What you should do:
Search the listing below for the word "Refusal" and copy each line where it appears.

· · · · ·

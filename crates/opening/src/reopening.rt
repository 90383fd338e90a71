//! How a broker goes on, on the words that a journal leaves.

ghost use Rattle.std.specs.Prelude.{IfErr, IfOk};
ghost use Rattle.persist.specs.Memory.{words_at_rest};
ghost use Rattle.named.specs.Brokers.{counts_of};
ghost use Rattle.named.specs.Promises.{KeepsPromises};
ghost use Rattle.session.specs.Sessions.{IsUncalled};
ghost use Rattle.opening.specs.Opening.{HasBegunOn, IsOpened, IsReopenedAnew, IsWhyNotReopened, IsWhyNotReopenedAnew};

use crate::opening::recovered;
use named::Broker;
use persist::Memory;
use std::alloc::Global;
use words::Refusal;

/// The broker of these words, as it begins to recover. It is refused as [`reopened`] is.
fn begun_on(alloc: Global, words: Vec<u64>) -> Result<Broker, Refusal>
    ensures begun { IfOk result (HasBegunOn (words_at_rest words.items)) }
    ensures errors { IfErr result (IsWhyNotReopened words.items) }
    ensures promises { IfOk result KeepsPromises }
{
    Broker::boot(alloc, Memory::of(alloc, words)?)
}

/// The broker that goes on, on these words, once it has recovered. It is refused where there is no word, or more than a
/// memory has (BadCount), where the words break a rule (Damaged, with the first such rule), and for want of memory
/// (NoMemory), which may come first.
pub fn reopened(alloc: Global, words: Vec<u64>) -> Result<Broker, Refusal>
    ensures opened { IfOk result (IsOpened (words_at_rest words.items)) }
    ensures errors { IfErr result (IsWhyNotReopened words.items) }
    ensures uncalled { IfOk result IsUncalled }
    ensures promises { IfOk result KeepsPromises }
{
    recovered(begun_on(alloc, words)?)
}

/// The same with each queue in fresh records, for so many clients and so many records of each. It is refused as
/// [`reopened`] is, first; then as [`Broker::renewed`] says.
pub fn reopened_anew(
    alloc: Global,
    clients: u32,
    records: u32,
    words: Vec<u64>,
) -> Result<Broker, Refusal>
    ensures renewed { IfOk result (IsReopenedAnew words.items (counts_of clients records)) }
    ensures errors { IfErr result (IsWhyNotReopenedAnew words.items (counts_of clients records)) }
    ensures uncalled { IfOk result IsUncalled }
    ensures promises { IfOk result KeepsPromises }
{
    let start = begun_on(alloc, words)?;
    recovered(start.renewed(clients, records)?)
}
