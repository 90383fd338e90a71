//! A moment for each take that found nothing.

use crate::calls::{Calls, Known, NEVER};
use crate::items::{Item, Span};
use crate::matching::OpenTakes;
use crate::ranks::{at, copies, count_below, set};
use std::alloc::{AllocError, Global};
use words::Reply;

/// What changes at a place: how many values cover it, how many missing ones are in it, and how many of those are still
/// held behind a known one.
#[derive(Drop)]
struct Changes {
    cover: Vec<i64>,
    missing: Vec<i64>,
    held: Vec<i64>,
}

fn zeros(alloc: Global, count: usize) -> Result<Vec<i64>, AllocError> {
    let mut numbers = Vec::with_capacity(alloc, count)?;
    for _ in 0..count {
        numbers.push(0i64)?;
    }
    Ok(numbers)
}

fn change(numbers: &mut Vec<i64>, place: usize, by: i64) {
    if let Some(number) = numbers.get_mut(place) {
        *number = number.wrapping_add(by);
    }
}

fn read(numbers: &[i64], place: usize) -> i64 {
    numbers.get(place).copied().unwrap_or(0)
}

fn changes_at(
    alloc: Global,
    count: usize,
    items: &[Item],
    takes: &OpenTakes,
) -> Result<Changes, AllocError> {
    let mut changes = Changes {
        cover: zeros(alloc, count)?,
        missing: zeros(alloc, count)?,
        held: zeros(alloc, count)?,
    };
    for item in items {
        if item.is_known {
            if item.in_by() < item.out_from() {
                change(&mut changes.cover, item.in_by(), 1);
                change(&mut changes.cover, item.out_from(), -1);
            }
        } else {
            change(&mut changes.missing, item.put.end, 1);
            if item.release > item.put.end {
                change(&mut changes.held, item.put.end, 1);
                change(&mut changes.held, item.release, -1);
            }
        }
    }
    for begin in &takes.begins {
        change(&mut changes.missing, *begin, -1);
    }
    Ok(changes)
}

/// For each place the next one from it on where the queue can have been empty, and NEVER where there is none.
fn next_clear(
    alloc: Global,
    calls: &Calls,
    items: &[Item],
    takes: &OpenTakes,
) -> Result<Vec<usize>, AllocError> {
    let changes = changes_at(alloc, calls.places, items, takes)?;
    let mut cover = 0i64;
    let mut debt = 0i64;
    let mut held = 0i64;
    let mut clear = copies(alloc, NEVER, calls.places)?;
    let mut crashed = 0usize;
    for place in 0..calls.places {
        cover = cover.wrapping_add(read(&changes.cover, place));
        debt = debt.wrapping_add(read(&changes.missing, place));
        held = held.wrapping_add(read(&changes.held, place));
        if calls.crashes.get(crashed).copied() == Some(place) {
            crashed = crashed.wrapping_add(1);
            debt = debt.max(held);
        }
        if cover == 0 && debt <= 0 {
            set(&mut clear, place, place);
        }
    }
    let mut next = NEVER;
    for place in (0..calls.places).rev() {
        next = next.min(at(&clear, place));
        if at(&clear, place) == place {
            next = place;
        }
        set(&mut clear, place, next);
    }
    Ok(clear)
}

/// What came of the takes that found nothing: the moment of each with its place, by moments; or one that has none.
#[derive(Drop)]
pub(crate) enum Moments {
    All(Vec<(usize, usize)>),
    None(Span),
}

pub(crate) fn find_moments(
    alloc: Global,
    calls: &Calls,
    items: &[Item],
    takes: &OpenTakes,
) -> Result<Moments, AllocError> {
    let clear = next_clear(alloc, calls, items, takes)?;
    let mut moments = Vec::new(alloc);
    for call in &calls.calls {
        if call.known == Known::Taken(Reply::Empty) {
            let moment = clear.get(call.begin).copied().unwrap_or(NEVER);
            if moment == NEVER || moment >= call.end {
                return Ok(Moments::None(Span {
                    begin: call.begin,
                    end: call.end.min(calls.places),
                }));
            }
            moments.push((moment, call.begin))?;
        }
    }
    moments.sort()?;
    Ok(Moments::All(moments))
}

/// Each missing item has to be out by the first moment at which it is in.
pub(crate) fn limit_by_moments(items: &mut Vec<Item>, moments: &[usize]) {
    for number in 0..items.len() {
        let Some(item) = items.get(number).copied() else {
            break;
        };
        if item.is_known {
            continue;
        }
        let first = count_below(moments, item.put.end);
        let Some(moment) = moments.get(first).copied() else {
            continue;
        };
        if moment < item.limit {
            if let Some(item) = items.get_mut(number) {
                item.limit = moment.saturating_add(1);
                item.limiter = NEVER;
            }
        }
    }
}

· · · · ·

Reply:
use words::Refusal;
fn begun_on(alloc: Global, words: Vec<u64>) -> Result<Broker, Refusal>
pub fn reopened(alloc: Global, words: Vec<u64>) -> Result<Broker, Refusal>
) -> Result<Broker, Refusal>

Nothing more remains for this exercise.